> EXERCISE AIM:
Lines below starting with the line with "pub fn signed(parser: &mut" and going on through the line with "A membership, after" must be output exactly; the rest of the records must be left out.

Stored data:
════
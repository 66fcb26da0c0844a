//! Names and expressions (4.1, 4.4).

ghost use Rattle.syntax_expressions.specs.Chains as chains;
ghost use Rattle.syntax_expressions.specs.Reading.{Reads};
ghost use Rattle.syntax_grammar.specs.Expressions as reader;
ghost use Rattle.syntax_grammar.specs.Levels as level;
ghost use Rattle.std.specs.Prelude.{◌≡◌};
ghost use Rattle.syntax_nodes.specs.Parts.{the_name, the_part, the_primary, the_factor, the_multiplying, the_term, the_adding, the_simple, the_rel, the_conjunct, the_expr, IsPart, IsExpr, IsRel, IsSimple, IsTerm, IsFactor, IsPrimary, IsName};
ghost use Rattle.syntax_nodes.specs.Rooted.{top, pop, second};
ghost use Rattle.syntax_nodes.specs.Stack.{parts};

use crate::chains::{Chain, list};
use crate::levels::{call, round, square};
use crate::operators::{adding_operator, comparison, multiplying_operator, sign};
use crate::parser::Parser;
use ada_base::kinds::{
    ABS, AMPERSAND, AND, AT_LEAST, AT_MOST, DOTS, DOUBLE_STAR, ELSE, EQUAL, GREATER, IDENTIFIER,
    IN, LESS, MINUS, MOD, NOT, NUMERAL, OPEN_ROUND, OR, PLUS, POINT, RANGE, REM, SLASH, STAR,
    STRING, TARGET, THEN, TICK, UNEQUAL, XOR,
};
use syntax_nodes::{Leaf, One, Three, Two, bare, leaf, leave_out, one, three, two};
use syntax_readers::Failure;
use syntax_tree::Logical;

/// What follows in a name (4.1).
#[cycle(levels)]
#[tactic(auto, unfolding(syntax_grammar::specs::Expressions::part))]
pub fn part(parser: &mut Parser<'_>, levels: u32) -> Result<(), Failure>
    ensures { Reads the_part IsPart (parts parser.old.out) (reader.part (level.levels levels) parser.old.tokens) result parser.new.tokens (parts parser.new.out) }
{
    match parser.tokens.peek() {
        POINT => {
            parser.tokens.take(POINT)?;
            let at = parser.tokens.take(IDENTIFIER)?;
            leaf(&mut parser.out, Leaf::Field(at))
        }
        TICK => {
            parser.tokens.take(TICK)?;
            if parser.tokens.peek() == IDENTIFIER {
                let at = parser.tokens.take(IDENTIFIER)?;
                leaf(&mut parser.out, Leaf::Attribute(at))
            } else {
                let at = parser.tokens.take(RANGE)?;
                leaf(&mut parser.out, Leaf::RangeAttribute(at))
            }
        }
        _ => call(parser, levels),
    }
}

/// A name (4.1).
#[cycle(levels)]
#[tactic(auto, unfolding(syntax_grammar::specs::Expressions::name))]
pub fn name(parser: &mut Parser<'_>, levels: u32) -> Result<(), Failure>
    ensures { Reads the_name IsName (parts parser.old.out) (reader.name (level.levels levels) parser.old.tokens) result parser.new.tokens (parts parser.new.out) }
{
    let at = parser.tokens.take(IDENTIFIER)?;
    match parser.tokens.peek() {
        POINT | TICK | OPEN_ROUND => {
            list(parser, levels, Chain::NameParts)?;
            one(&mut parser.out, One::Name(at))
        }
        _ => leaf(&mut parser.out, Leaf::Identifier(at)),
    }
}

/// A primary (4.4).
#[cycle(levels)]
#[tactic(auto, unfolding(syntax_grammar::specs::Expressions::primary))]
pub fn primary(parser: &mut Parser<'_>, levels: u32) -> Result<(), Failure>
    ensures { Reads the_primary IsPrimary (parts parser.old.out) (reader.primary (level.levels levels) parser.old.tokens) result parser.new.tokens (parts parser.new.out) }
{
    match parser.tokens.peek() {
        NUMERAL => {
            let at = parser.tokens.take(NUMERAL)?;
            leaf(&mut parser.out, Leaf::Number(at))
        }
        STRING => {
            let at = parser.tokens.take(STRING)?;
            leaf(&mut parser.out, Leaf::Text(at))
        }
        TARGET => {
            let at = parser.tokens.take(TARGET)?;
            leaf(&mut parser.out, Leaf::Target(at))
        }
        IDENTIFIER => name(parser, levels),
        OPEN_ROUND => round(parser, levels),
        _ => square(parser, levels),
    }
}

/// A factor (4.4).
#[cycle(levels)]
#[tactic(auto, unfolding(syntax_grammar::specs::Expressions::factor))]
pub fn factor(parser: &mut Parser<'_>, levels: u32) -> Result<(), Failure>
    ensures { Reads the_factor IsFactor (parts parser.old.out) (reader.factor (level.levels levels) parser.old.tokens) result parser.new.tokens (parts parser.new.out) }
{
    match parser.tokens.peek() {
        ABS => {
            let at = parser.tokens.take(ABS)?;
            primary(parser, levels)?;
            one(&mut parser.out, One::Abs(at))
        }
        NOT => {
            let at = parser.tokens.take(NOT)?;
            primary(parser, levels)?;
            one(&mut parser.out, One::Not(at))
        }
        _ => {
            primary(parser, levels)?;
            if parser.tokens.peek() == DOUBLE_STAR {
                let at = parser.tokens.take(DOUBLE_STAR)?;
                primary(parser, levels)?;
                two(&mut parser.out, Two::Power(at))
            } else {
                Ok(())
            }
        }
    }
}

/// A multiplying operator and its factor (4.5.5).
#[cycle(levels)]
#[tactic(auto, unfolding(syntax_grammar::specs::Expressions::multiplied))]
pub fn multiplied(parser: &mut Parser<'_>, levels: u32) -> Result<(), Failure>
    ensures { Reads the_multiplying IsPart (parts parser.old.out) (reader.multiplied (level.levels levels) parser.old.tokens) result parser.new.tokens (parts parser.new.out) }
{
    let (by, at) = multiplying_operator(&mut parser.tokens)?;
    factor(parser, levels)?;
    one(&mut parser.out, One::Multiplying(by, at))
}

/// A term (4.4).
#[cycle(levels)]
#[tactic(auto, unfolding(syntax_grammar::specs::Expressions::term))]
pub fn term(parser: &mut Parser<'_>, levels: u32) -> Result<(), Failure>
    ensures { Reads the_term IsTerm (parts parser.old.out) (reader.term (level.levels levels) parser.old.tokens) result parser.new.tokens (parts parser.new.out) }
{
    factor(parser, levels)?;
    match parser.tokens.peek() {
        STAR | SLASH | MOD | REM => {
            list(parser, levels, Chain::Multiplyings)?;
            two(&mut parser.out, Two::Product)
        }
        _ => Ok(()),
    }
}

/// An adding operator and its term (4.5.3).
#[cycle(levels)]
#[tactic(auto, unfolding(syntax_grammar::specs::Expressions::added))]
pub fn added(parser: &mut Parser<'_>, levels: u32) -> Result<(), Failure>
    ensures { Reads the_adding IsPart (parts parser.old.out) (reader.added (level.levels levels) parser.old.tokens) result parser.new.tokens (parts parser.new.out) }
{
    let (by, at) = adding_operator(&mut parser.tokens)?;
    term(parser, levels)?;
    one(&mut parser.out, One::Adding(by, at))
}

/// A sum with a sign before it (4.5.4).
#[cycle(levels)]
#[tactic(auto, unfolding(syntax_grammar::specs::Expressions::signed))]
pub fn signed(parser: &mut Parser<'_>, levels: u32) -> Result<(), Failure>
    ensures { Reads the_simple IsSimple (parts parser.old.out) (reader.signed (level.levels levels) parser.old.tokens) result parser.new.tokens (parts parser.new.out) }
{
    let sign = sign(&mut parser.tokens)?;
    term(parser, levels)?;
    list(parser, levels, Chain::Addings)?;
    two(&mut parser.out, Two::Sum(Some(sign)))
}

/// A sum, the simple expression of 4.4.
#[cycle(levels)]
#[tactic(auto, unfolding(syntax_grammar::specs::Expressions::simple))]
pub fn simple(parser: &mut Parser<'_>, levels: u32) -> Result<(), Failure>
    ensures { Reads the_simple IsSimple (parts parser.old.out) (reader.simple (level.levels levels) parser.old.tokens) result parser.new.tokens (parts parser.new.out) }
{
    match parser.tokens.peek() {
        PLUS | MINUS => signed(parser, levels),
        _ => {
            term(parser, levels)?;
            match parser.tokens.peek() {
                PLUS | MINUS | AMPERSAND => {
                    list(parser, levels, Chain::Addings)?;
                    two(&mut parser.out, Two::Sum(None))
                }
                _ => Ok(()),
            }
        }
    }
}

/// The dots between two bounds, and the bound after them.
#[cycle(levels)]
#[tactic(auto, unfolding(syntax_grammar::specs::Expressions::upper_bound))]
pub fn upper_bound(parser: &mut Parser<'_>, levels: u32) -> Result<(), Failure>
    ensures { Reads the_simple IsSimple (parts parser.old.out) (reader.upper_bound (level.levels levels) parser.old.tokens) result parser.new.tokens (parts parser.new.out) }
{
    parser.tokens.take(DOTS)?;
    simple(parser, levels)
}

/// A membership, after its first sum and the token `at` of `in` (4.5.2).
#[cycle(levels)]
#[tactic(auto, unfolding(syntax_grammar::specs::Expressions::within))]
pub fn within(
    parser: &mut Parser<'_>,
    levels: u32,
    negation: Option<u32>,
    at: u32,
) -> Result<(), Failure>
    ensures { Reads the_rel IsRel (pop (parts parser.old.out)) (reader.within (level.levels levels) (the_simple (top (parts parser.old.out))) negation at parser.old.tokens) result parser.new.tokens (parts parser.new.out) }
{
    simple(parser, levels)?;
    if parser.tokens.peek() == DOTS {
        upper_bound(parser, levels)?;
        return three(&mut parser.out, Three::Within(negation, at));
    }
    match bare(&parser.out) {
        Some(mark) => {
            leave_out(&mut parser.out);
            one(&mut parser.out, One::OfMark(negation, at, mark))
        }
        None => Err(Failure::Unexpected),
    }
}

/// A relation, after its first sum (4.4).
#[cycle(levels)]
#[tactic(auto, unfolding(syntax_grammar::specs::Expressions::rel_from))]
pub fn rel_from(parser: &mut Parser<'_>, levels: u32) -> Result<(), Failure>
    requires { IsSimple (top (parts parser.old.out)) }
    ensures { Reads the_rel IsRel (pop (parts parser.old.out)) (reader.rel_from (level.levels levels) (the_simple (top (parts parser.old.out))) parser.old.tokens) result parser.new.tokens (parts parser.new.out) }
{
    match parser.tokens.peek() {
        EQUAL | UNEQUAL | LESS | AT_MOST | GREATER | AT_LEAST => {
            let (by, at) = comparison(&mut parser.tokens)?;
            simple(parser, levels)?;
            two(&mut parser.out, Two::Compared(by, at))
        }
        IN => {
            let at = parser.tokens.take(IN)?;
            within(parser, levels, None, at)
        }
        NOT => {
            let negation = parser.tokens.take(NOT)?;
            let at = parser.tokens.take(IN)?;
            within(parser, levels, Some(negation), at)
        }
        _ => Ok(()),
    }
}

/// A relation (4.4).
#[cycle(levels)]
#[tactic(auto, unfolding(syntax_grammar::specs::Expressions::rel))]
pub fn rel(parser: &mut Parser<'_>, levels: u32) -> Result<(), Failure>
    ensures { Reads the_rel IsRel (parts parser.old.out) (reader.rel (level.levels levels) parser.old.tokens) result parser.new.tokens (parts parser.new.out) }
{
    simple(parser, levels)?;
    rel_from(parser, levels)
}

/// The relation after a logical operator that is at this token.
#[cycle(levels)]
#[tactic(auto, unfolding(syntax_grammar::specs::Expressions::conjoined))]
pub fn conjoined(parser: &mut Parser<'_>, levels: u32, at: u32) -> Result<(), Failure>
    ensures { Reads the_conjunct IsPart (parts parser.old.out) (reader.conjoined (level.levels levels) at parser.old.tokens) result parser.new.tokens (parts parser.new.out) }
{
    rel(parser, levels)?;
    one(&mut parser.out, One::Conjunct(at))
}

/// A logical operator of one word and its relation.
#[cycle(levels)]
#[tactic(auto, unfolding(syntax_grammar::specs::Expressions::conjunct))]
pub fn conjunct(parser: &mut Parser<'_>, levels: u32, word: u16) -> Result<(), Failure>
    ensures { Reads the_conjunct IsPart (parts parser.old.out) (reader.conjunct (level.levels levels) word parser.old.tokens) result parser.new.tokens (parts parser.new.out) }
{
    let at = parser.tokens.take(word)?;
    conjoined(parser, levels, at)
}

/// A logical operator of two words and its relation (4.5.1).
#[cycle(levels)]
#[tactic(auto, unfolding(syntax_grammar::specs::Expressions::short_conjunct))]
pub fn short_conjunct(
    parser: &mut Parser<'_>,
    levels: u32,
    word: u16,
    second: u16,
) -> Result<(), Failure>
    ensures { Reads the_conjunct IsPart (parts parser.old.out) (reader.short_conjunct (level.levels levels) word second parser.old.tokens) result parser.new.tokens (parts parser.new.out) }
{
    let at = parser.tokens.take(word)?;
    parser.tokens.take(second)?;
    conjoined(parser, levels, at)
}

/// Relations with one operator between them, after the first relation and the first operator.
#[cycle(levels)]
#[tactic(auto, unfolding(syntax_grammar::specs::Expressions::joined))]
pub fn joined(
    parser: &mut Parser<'_>,
    levels: u32,
    operator: Logical,
    at: u32,
) -> Result<(), Failure>
    ensures { Reads the_expr IsExpr (pop (parts parser.old.out)) (reader.joined (level.levels levels) operator (the_rel (top (parts parser.old.out))) at (chains.operator_kinds operator) (chains.conjunct (level.levels levels) operator) parser.old.tokens) result parser.new.tokens (parts parser.new.out) }
{
    rel(parser, levels)?;
    list(parser, levels, Chain::Conjuncts(operator))?;
    three(&mut parser.out, Three::Joined(operator, at))
}

/// Relations, after the first and the first `and`.
#[cycle(levels)]
#[tactic(auto, unfolding(syntax_grammar::specs::Expressions::after_and))]
pub fn after_and(parser: &mut Parser<'_>, levels: u32, at: u32) -> Result<(), Failure>
    ensures { Reads the_expr IsExpr (pop (parts parser.old.out)) (reader.after_and (level.levels levels) (the_rel (top (parts parser.old.out))) at parser.old.tokens) result parser.new.tokens (parts parser.new.out) }
{
    if parser.tokens.peek() == THEN {
        parser.tokens.take(THEN)?;
        joined(parser, levels, Logical::AndThen, at)
    } else {
        joined(parser, levels, Logical::And, at)
    }
}

/// Relations, after the first and the first `or`.
#[cycle(levels)]
#[tactic(auto, unfolding(syntax_grammar::specs::Expressions::after_or))]
pub fn after_or(parser: &mut Parser<'_>, levels: u32, at: u32) -> Result<(), Failure>
    ensures { Reads the_expr IsExpr (pop (parts parser.old.out)) (reader.after_or (level.levels levels) (the_rel (top (parts parser.old.out))) at parser.old.tokens) result parser.new.tokens (parts parser.new.out) }
{
    if parser.tokens.peek() == ELSE {
        parser.tokens.take(ELSE)?;
        joined(parser, levels, Logical::OrElse, at)
    } else {
        joined(parser, levels, Logical::Or, at)
    }
}

/// An expression, after its first relation (4.4).
#[cycle(levels)]
#[tactic(auto, unfolding(syntax_grammar::specs::Expressions::expr_from))]
pub fn expr_from(parser: &mut Parser<'_>, levels: u32) -> Result<(), Failure>
    requires { IsRel (top (parts parser.old.out)) }
    ensures { Reads the_expr IsExpr (pop (parts parser.old.out)) (reader.expr_from (level.levels levels) (the_rel (top (parts parser.old.out))) parser.old.tokens) result parser.new.tokens (parts parser.new.out) }
{
    match parser.tokens.peek() {
        AND => {
            let at = parser.tokens.take(AND)?;
            after_and(parser, levels, at)
        }
        OR => {
            let at = parser.tokens.take(OR)?;
            after_or(parser, levels, at)
        }
        XOR => {
            let at = parser.tokens.take(XOR)?;
            joined(parser, levels, Logical::Xor, at)
        }
        _ => Ok(()),
    }
}

/// An expression (4.4).
#[cycle(levels)]
#[tactic(auto, unfolding(syntax_grammar::specs::Expressions::expr))]
pub fn expr(parser: &mut Parser<'_>, levels: u32) -> Result<(), Failure>
    ensures { Reads the_expr IsExpr (parts parser.old.out) (reader.expr (level.levels levels) parser.old.tokens) result parser.new.tokens (parts parser.new.out) }
{
    rel(parser, levels)?;
    expr_from(parser, levels)
}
════
> ANSWER BELOW:
pub fn signed(parser: &mut Parser<'_>, levels: u32) -> Result<(), Failure>
    ensures { Reads the_simple IsSimple (parts parser.old.out) (reader.signed (level.levels levels) parser.old.tokens) result parser.new.tokens (parts parser.new.out) }
{
    let sign = sign(&mut parser.tokens)?;
    term(parser, levels)?;
    list(parser, levels, Chain::Addings)?;
    two(&mut parser.out, Two::Sum(Some(sign)))
}

/// A sum, the simple expression of 4.4.
#[cycle(levels)]
#[tactic(auto, unfolding(syntax_grammar::specs::Expressions::simple))]
pub fn simple(parser: &mut Parser<'_>, levels: u32) -> Result<(), Failure>
    ensures { Reads the_simple IsSimple (parts parser.old.out) (reader.simple (level.levels levels) parser.old.tokens) result parser.new.tokens (parts parser.new.out) }
{
    match parser.tokens.peek() {
        PLUS | MINUS => signed(parser, levels),
        _ => {
            term(parser, levels)?;
            match parser.tokens.peek() {
                PLUS | MINUS | AMPERSAND => {
                    list(parser, levels, Chain::Addings)?;
                    two(&mut parser.out, Two::Sum(None))
                }
                _ => Ok(()),
            }
        }
    }
}

/// The dots between two bounds, and the bound after them.
#[cycle(levels)]
#[tactic(auto, unfolding(syntax_grammar::specs::Expressions::upper_bound))]
pub fn upper_bound(parser: &mut Parser<'_>, levels: u32) -> Result<(), Failure>
    ensures { Reads the_simple IsSimple (parts parser.old.out) (reader.upper_bound (level.levels levels) parser.old.tokens) result parser.new.tokens (parts parser.new.out) }
{
    parser.tokens.take(DOTS)?;
    simple(parser, levels)
}

/// A membership, after its first sum and the token `at` of `in` (4.5.2).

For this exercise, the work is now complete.